Bharti Retail decides to close 4-5 non-performing ‘Easyday’ stores: Bharti Retail
operates a retail chain of 28 ‘Easyday’ supermarket stores in North India (Punjab,
Haryana) and has decided to close down 4-5 of its non-performing stores. It is however
looking to open a few more medium stores (30,000 sq ft) and expand small stores into
other markets in Punjab and Haryana.
Future Group and Hidesign close to signing JV: The JV, which will be signed
between Future Ventures and Hidesign, will launch an India-oriented lifestyle brand,
Holii. The product will be priced 30-40% lower than Hidesign, and the brand will cater to
consumers in the mid-to-mass market segments.
Future Group to buy stake in Turtle: The Turtle Group currently operates 32
exclusive outlets across the country, including Ahmedabad, Bangalore, Chennai,
Bhubaneshwar and Guwahati, and also has presence in over 1,200 MBOs. The company,
which has two facilities in Kolkata and Bangalore, reported a turnover of INR 465 mn in
2007-08.
Provogue to invest INR 250 mn on stores expansion: Provogue plans to invest INR
250 mn towards setting up ~35 Provogue stores and eight Promart stores by FY10,
spread across 800-4,000 sq ft. These stores will be spread out equally in metros as well
as tier II and tier III cities of India.
Reliance plans 1,000 ‘Delight’ stores in 2 years: After food and grocery stores,
Reliance Retail is giving a big push to its non-veg retail chain, Delight. Non-veg products
deliver 20% margins against only 10-15% in food and grocery retailing. Despite protests
the company has opened over 100 stores in Chennai, Bangalore and Mumbai. Further, it
plans to open 500 stores by 2009 and 1,000 by 2010.

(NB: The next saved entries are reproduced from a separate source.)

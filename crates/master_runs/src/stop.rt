//! Why a list is not played to its end.
use crate::fault::ListFault;
use coflow_units::NoMemory;
use std::io;
use test_support::FileFault;

/// Why a list is not played to its end.
#[derive(Debug, Drop, thiserror::Error)]
pub enum Stop {
    #[error("usage: master_runs TRACE LIST")]
    Usage,
    #[error("{0}")]
    File(#[from] FileFault),
    #[error("{0}")]
    List(#[from] ListFault),
    #[error("no memory")]
    NoMemory,
    #[error("nothing more is printed")]
    Output(#[from] io::Error),
}

impl From<NoMemory> for Stop {
    fn from(_: NoMemory) -> Stop {
        Stop::NoMemory
    }
}
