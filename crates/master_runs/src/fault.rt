//! Why a list is not read.
use std::alloc::AllocFailed;

/// Why a list is not read.
#[derive(Clone, Copy, Debug, thiserror::Error)]
pub enum ListFault {
    /// The line with this number is not as it should be.
    #[error("line {0}")]
    Line(u32),
    /// The coflow with this number has no weight, or one that is out of range.
    #[error("no weight of coflow {0}")]
    Weight(u32),
    #[error("no memory")]
    NoMemory,
}

impl<T: Drop> From<AllocFailed<T>> for ListFault {
    fn from(_: AllocFailed<T>) -> ListFault {
        ListFault::NoMemory
    }
}
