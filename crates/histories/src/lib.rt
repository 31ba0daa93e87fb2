// Histories of calls on one file: what holds of every one of them is stated in specs/ and proved in proofs/. There is no code.

#![tactic(auto)]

Infiniti to open 20 Croma retail stores next fiscal: Infiniti plans to open 20 Croma
stores with an investment of INR 600-800 mn in 2009-10, taking its total number of
stores across the country to 50. Infiniti has technical and sourcing agreements with
Australian retail giant Woolworths. The Australian company provides technical support
and strategic sourcing facilities from its global network.
Apparel companies pin hopes on small towns: Branded apparel companies like
Madura Garments, Provogue, Raymond, and many others are investing more in B- and
C-class markets with competitive pricing strategies. Roughly, organised retail brands and
unbranded apparel have proportional market share of almost 50:50 in metros, while this
ratio varies from 80:20 to 90:10 in smaller markets. Branded majors are now hoping to
cash in on this potential at a time when consumption has dipped. Raymond is planning to
come up with at least 100 retail stores, mostly in tier-II and tier-III cities, while
Provogue is planning to open 65 retail stores in B- and C-grade cities.